• [YOUR GOAL] Could you write the entries out again, exactly as they appear?

-*-

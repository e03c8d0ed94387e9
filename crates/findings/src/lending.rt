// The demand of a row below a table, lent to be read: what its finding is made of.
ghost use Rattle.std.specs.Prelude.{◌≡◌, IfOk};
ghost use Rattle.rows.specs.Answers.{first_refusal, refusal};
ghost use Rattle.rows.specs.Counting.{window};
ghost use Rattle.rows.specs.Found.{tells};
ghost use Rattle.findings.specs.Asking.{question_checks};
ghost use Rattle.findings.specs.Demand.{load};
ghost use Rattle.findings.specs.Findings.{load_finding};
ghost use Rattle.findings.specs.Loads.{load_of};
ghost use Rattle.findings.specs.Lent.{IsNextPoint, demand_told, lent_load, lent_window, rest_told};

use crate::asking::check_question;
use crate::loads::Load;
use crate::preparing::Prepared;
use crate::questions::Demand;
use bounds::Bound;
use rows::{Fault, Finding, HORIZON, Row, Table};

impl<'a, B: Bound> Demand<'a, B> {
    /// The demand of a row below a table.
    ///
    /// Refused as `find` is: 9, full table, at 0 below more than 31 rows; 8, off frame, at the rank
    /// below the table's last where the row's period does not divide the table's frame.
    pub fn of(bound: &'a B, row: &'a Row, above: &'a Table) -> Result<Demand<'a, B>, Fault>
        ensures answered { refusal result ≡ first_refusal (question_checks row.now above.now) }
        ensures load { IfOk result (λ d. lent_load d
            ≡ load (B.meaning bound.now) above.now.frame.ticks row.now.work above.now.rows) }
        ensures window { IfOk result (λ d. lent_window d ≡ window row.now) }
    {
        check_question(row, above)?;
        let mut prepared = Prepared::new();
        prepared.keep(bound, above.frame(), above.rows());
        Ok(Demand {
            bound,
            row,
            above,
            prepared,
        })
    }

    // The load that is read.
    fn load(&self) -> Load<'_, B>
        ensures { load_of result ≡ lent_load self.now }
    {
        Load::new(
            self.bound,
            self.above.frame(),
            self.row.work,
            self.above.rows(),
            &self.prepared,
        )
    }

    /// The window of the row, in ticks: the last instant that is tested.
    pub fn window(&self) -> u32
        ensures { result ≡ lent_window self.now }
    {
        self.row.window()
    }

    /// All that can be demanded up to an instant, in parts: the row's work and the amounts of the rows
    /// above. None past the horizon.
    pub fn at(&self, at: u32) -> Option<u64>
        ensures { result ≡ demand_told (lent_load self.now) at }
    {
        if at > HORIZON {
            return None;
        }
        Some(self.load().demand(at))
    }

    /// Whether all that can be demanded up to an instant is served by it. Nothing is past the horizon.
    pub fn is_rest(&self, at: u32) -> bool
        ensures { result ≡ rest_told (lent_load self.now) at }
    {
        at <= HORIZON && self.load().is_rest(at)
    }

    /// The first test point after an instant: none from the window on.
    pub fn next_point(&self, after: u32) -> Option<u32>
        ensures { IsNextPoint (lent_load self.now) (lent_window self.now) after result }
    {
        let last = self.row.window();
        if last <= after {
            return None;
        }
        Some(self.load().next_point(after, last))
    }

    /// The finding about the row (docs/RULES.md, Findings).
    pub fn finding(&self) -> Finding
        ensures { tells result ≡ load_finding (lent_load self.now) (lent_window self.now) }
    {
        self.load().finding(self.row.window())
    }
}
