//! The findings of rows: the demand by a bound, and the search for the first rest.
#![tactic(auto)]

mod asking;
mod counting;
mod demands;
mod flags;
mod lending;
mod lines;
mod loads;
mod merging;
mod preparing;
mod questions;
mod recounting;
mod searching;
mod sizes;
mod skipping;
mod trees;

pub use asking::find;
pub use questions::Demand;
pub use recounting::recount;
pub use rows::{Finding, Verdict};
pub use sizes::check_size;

-*-

• [RESULT OF THE EXERCISE]
repository e03c8d0ed94387e9
filename crates/findings/src/lending.rt
// The demand of a row below a table, lent to be read: what its finding is made of.
ghost use Rattle.std.specs.Prelude.{◌≡◌, IfOk};
ghost use Rattle.rows.specs.Answers.{first_refusal, refusal};
ghost use Rattle.rows.specs.Counting.{window};
ghost use Rattle.rows.specs.Found.{tells};
ghost use Rattle.findings.specs.Asking.{question_checks};
ghost use Rattle.findings.specs.Demand.{load};
ghost use Rattle.findings.specs.Findings.{load_finding};
ghost use Rattle.findings.specs.Loads.{load_of};
ghost use Rattle.findings.specs.Lent.{IsNextPoint, demand_told, lent_load, lent_window, rest_told};

use crate::asking::check_question;
use crate::loads::Load;
use crate::preparing::Prepared;
use crate::questions::Demand;
use bounds::Bound;
use rows::{Fault, Finding, HORIZON, Row, Table};

impl<'a, B: Bound> Demand<'a, B> {
    /// The demand of a row below a table.
    ///
    /// Refused as `find` is: 9, full table, at 0 below more than 31 rows; 8, off frame, at the rank
    /// below the table's last where the row's period does not divide the table's frame.
    pub fn of(bound: &'a B, row: &'a Row, above: &'a Table) -> Result<Demand<'a, B>, Fault>
        ensures answered { refusal result ≡ first_refusal (question_checks row.now above.now) }
        ensures load { IfOk result (λ d. lent_load d
            ≡ load (B.meaning bound.now) above.now.frame.ticks row.now.work above.now.rows) }
        ensures window { IfOk result (λ d. lent_window d ≡ window row.now) }
    {
        check_question(row, above)?;
        let mut prepared = Prepared::new();
        prepared.keep(bound, above.frame(), above.rows());
        Ok(Demand {
            bound,
            row,
            above,
            prepared,
        })
    }

    // The load that is read.
    fn load(&self) -> Load<'_, B>
        ensures { load_of result ≡ lent_load self.now }
    {
        Load::new(
            self.bound,
            self.above.frame(),
            self.row.work,
            self.above.rows(),
            &self.prepared,
        )
    }

    /// The window of the row, in ticks: the last instant that is tested.
    pub fn window(&self) -> u32
        ensures { result ≡ lent_window self.now }
    {
        self.row.window()
    }

    /// All that can be demanded up to an instant, in parts: the row's work and the amounts of the rows
    /// above. None past the horizon.
    pub fn at(&self, at: u32) -> Option<u64>
        ensures { result ≡ demand_told (lent_load self.now) at }
    {
        if at > HORIZON {
            return None;
        }
        Some(self.load().demand(at))
    }

    /// Whether all that can be demanded up to an instant is served by it. Nothing is past the horizon.
    pub fn is_rest(&self, at: u32) -> bool
        ensures { result ≡ rest_told (lent_load self.now) at }
    {
        at <= HORIZON && self.load().is_rest(at)
    }

    /// The first test point after an instant: none from the window on.
    pub fn next_point(&self, after: u32) -> Option<u32>
        ensures { IsNextPoint (lent_load self.now) (lent_window self.now) after result }
    {
        let last = self.row.window();
        if last <= after {
            return None;
        }
        Some(self.load().next_point(after, last))
    }

    /// The finding about the row (docs/RULES.md, Findings).
    pub fn finding(&self) -> Finding
        ensures { tells result ≡ load_finding (lent_load self.now) (lent_window self.now) }
    {
        self.load().finding(self.row.window())
    }
}
//! The findings of rows: the demand by a bound, and the search for the first rest.
#![tactic(auto)]

mod asking;
mod counting;
mod demands;
mod flags;
mod lending;
mod lines;
mod loads;
mod merging;
mod preparing;
mod questions;
mod recounting;
mod searching;
mod sizes;
mod skipping;
mod trees;

pub use asking::find;
pub use questions::Demand;
pub use recounting::recount;
pub use rows::{Finding, Verdict};
pub use sizes::check_size;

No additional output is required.